** DATA SHOWN **

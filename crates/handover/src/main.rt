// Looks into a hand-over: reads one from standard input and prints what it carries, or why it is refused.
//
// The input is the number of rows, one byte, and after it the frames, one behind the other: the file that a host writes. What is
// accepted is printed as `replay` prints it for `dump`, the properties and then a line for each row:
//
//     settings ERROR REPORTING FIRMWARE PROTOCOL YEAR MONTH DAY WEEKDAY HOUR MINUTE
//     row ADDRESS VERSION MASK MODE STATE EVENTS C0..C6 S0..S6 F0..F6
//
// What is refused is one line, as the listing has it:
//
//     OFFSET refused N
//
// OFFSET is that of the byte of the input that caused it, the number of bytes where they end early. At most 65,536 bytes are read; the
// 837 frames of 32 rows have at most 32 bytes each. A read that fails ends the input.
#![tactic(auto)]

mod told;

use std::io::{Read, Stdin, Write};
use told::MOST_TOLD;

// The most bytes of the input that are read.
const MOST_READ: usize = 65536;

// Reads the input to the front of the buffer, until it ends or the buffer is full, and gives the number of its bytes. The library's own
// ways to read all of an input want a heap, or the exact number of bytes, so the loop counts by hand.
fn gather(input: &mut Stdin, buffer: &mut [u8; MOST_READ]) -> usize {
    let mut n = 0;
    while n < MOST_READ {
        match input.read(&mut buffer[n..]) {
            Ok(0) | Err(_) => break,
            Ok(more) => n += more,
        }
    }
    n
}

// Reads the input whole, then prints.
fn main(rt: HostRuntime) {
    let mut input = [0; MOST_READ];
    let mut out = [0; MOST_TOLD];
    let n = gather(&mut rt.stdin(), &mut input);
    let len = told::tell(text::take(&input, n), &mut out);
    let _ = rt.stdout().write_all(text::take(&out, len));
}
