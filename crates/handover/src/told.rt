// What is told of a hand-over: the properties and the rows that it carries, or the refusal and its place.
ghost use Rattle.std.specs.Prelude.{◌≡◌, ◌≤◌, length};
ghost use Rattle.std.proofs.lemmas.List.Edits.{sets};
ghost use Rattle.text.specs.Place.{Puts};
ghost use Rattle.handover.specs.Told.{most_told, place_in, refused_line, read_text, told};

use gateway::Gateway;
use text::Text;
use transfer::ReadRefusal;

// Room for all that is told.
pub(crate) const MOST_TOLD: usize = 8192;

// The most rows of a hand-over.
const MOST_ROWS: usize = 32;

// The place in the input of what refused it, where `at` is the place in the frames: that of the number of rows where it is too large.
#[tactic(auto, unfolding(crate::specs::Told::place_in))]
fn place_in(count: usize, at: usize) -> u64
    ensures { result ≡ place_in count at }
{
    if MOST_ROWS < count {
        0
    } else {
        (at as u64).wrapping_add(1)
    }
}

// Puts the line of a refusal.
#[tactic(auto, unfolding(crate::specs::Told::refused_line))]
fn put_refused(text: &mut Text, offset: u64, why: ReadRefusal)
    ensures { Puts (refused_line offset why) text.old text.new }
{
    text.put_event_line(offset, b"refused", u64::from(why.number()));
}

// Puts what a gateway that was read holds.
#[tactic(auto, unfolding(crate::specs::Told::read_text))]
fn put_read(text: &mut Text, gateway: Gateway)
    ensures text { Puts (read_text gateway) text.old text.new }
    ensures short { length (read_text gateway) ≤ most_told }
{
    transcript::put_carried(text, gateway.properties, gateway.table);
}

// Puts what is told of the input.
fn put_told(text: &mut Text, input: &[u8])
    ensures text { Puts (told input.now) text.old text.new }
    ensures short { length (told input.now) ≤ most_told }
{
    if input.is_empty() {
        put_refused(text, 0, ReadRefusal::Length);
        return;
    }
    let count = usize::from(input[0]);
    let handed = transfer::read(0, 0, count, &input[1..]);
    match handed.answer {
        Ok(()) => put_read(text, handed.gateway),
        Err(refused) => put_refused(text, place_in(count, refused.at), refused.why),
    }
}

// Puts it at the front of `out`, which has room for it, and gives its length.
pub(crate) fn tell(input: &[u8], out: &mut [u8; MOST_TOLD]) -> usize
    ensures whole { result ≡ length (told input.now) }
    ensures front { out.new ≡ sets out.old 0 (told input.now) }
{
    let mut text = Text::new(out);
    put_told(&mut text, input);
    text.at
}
...
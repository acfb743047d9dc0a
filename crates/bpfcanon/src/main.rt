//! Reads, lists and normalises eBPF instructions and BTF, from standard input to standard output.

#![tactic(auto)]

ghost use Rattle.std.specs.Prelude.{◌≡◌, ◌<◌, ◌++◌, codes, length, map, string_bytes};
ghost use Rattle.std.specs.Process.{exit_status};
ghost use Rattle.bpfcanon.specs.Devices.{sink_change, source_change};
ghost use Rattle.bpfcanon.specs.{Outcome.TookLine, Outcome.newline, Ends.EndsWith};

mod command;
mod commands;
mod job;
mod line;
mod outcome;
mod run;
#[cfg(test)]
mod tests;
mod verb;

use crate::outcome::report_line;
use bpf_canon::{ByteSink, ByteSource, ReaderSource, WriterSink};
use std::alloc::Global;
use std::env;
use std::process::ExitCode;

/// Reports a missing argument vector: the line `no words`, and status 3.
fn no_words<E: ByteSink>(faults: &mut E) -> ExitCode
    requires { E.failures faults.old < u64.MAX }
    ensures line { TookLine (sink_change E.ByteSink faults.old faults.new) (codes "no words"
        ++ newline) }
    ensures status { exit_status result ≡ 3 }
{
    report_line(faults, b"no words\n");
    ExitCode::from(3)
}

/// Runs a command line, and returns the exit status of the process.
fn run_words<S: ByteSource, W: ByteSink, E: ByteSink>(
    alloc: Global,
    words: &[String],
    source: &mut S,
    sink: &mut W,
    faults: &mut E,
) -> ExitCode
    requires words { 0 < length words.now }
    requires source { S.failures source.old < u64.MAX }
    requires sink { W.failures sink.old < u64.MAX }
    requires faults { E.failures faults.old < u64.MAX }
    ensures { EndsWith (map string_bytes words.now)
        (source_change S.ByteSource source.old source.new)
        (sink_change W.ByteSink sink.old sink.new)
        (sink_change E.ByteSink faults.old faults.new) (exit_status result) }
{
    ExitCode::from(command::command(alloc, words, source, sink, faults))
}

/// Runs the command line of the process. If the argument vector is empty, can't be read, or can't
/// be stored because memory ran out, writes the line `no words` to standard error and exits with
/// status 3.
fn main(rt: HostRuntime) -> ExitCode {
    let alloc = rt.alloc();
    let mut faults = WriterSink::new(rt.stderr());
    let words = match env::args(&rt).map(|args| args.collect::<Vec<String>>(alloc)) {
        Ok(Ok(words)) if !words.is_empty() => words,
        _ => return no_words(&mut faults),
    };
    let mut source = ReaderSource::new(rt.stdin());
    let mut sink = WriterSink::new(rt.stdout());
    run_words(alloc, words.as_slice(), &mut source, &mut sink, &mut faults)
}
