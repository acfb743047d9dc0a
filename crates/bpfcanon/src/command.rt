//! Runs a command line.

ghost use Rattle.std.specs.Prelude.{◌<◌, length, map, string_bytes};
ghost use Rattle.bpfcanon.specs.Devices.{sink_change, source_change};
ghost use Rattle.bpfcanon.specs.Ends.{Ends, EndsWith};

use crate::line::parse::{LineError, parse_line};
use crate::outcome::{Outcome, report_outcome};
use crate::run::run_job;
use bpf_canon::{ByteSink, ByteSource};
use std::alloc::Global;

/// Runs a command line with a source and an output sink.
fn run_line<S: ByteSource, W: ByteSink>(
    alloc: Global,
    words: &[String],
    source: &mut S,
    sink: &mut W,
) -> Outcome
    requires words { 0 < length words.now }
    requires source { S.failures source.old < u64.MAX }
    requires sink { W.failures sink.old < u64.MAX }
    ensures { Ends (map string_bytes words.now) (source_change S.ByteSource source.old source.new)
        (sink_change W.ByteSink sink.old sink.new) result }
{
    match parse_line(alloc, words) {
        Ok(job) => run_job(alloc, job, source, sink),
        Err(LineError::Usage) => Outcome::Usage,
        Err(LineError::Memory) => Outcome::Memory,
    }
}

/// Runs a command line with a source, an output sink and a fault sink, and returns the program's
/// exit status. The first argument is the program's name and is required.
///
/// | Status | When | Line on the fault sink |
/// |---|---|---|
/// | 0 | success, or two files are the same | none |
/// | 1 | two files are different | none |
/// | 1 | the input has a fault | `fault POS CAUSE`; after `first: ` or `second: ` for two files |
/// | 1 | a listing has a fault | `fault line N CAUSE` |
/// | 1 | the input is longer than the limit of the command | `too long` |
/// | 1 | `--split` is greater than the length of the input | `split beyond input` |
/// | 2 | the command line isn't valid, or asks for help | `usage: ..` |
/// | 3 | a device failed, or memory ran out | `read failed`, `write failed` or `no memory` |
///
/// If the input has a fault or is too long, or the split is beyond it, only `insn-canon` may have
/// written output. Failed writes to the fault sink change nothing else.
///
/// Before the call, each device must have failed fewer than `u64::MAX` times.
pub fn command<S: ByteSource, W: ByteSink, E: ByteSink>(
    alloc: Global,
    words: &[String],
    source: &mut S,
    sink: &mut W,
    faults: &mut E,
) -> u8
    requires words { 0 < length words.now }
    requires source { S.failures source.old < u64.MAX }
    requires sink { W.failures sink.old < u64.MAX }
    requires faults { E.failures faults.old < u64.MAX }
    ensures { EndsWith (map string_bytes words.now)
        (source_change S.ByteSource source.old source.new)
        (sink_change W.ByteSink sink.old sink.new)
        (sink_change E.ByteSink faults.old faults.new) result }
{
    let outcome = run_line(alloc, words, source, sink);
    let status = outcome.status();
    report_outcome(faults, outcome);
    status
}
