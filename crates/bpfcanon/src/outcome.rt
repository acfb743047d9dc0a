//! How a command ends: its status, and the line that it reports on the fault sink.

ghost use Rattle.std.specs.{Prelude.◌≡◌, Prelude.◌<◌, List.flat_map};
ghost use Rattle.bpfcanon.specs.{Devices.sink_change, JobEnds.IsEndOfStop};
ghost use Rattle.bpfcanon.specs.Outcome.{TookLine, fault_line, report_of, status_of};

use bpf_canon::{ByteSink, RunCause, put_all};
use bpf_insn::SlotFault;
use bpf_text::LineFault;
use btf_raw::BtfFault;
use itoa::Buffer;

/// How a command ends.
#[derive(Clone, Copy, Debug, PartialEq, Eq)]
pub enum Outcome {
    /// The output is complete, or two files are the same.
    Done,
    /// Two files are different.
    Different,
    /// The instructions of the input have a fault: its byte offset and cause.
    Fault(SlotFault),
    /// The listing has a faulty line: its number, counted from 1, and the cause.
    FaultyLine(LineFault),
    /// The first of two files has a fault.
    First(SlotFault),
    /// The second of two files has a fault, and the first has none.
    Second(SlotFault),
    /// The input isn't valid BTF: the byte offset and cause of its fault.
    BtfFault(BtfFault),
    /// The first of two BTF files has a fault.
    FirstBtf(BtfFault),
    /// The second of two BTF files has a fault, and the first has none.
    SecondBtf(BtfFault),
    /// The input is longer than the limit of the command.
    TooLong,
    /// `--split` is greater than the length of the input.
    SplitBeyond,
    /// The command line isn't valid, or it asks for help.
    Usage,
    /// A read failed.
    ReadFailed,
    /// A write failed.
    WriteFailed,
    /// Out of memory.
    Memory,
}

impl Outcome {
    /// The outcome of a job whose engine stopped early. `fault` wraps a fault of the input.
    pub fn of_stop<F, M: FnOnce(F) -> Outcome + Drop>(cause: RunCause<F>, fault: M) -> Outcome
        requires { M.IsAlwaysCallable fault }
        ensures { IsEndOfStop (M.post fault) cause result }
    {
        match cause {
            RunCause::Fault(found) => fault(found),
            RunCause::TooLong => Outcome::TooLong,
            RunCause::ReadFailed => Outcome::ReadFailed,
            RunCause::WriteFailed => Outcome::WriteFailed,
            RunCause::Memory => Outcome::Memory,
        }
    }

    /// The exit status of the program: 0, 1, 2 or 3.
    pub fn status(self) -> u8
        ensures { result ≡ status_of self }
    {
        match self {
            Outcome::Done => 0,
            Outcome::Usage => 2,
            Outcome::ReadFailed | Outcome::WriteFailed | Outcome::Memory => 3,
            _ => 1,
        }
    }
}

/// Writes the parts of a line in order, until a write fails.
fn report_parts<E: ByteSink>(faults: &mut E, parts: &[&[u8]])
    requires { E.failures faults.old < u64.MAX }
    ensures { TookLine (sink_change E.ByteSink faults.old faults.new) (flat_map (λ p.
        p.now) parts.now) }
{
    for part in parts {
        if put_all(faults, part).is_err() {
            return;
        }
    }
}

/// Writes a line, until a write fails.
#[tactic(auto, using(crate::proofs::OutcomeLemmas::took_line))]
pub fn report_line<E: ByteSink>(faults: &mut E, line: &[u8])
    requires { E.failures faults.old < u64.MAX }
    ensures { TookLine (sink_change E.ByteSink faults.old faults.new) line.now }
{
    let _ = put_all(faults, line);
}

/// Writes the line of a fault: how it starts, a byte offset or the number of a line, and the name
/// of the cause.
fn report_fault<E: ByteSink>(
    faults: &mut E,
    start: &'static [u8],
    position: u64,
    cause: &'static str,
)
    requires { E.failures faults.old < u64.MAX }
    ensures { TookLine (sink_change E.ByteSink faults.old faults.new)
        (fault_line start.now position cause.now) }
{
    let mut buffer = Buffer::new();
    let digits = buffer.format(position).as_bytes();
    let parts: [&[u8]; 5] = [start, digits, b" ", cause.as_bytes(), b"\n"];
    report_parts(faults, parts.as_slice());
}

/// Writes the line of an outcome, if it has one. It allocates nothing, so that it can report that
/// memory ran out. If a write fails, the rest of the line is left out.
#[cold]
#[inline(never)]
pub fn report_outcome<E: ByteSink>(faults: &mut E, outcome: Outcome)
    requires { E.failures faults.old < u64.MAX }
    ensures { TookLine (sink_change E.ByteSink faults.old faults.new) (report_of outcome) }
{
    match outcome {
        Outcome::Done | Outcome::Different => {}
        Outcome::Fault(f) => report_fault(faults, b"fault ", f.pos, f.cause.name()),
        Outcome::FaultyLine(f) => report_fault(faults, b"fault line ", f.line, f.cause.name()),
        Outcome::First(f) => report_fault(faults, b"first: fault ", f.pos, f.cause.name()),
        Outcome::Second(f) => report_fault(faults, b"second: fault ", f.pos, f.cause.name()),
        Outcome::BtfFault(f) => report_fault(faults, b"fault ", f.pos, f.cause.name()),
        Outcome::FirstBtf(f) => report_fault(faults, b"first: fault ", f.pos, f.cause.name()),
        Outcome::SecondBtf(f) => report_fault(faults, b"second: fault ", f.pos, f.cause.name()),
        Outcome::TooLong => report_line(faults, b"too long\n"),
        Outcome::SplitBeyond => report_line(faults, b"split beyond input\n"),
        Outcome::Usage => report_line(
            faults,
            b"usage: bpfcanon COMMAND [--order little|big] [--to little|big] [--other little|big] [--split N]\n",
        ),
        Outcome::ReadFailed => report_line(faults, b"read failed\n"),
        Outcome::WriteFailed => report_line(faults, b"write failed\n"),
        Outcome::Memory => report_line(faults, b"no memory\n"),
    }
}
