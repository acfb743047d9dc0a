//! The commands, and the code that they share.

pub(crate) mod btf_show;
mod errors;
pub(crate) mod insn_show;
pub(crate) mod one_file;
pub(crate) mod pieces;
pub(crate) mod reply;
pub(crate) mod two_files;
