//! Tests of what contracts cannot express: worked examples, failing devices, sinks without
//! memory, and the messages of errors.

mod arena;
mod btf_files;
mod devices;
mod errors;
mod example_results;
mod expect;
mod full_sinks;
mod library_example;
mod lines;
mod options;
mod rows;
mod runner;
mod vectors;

** WORK TO COMPLETE **
The required output is every line above that contains the string "frames".

** ANSWER TO THIS PROBLEM **
// The input is the number of rows, one byte, and after it the frames, one behind the other: the file that a host writes. What is
// 837 frames of 32 rows have at most 32 bytes each. A read that fails ends the input.
// The place in the input of what refused it, where `at` is the place in the frames: that of the number of rows where it is too large.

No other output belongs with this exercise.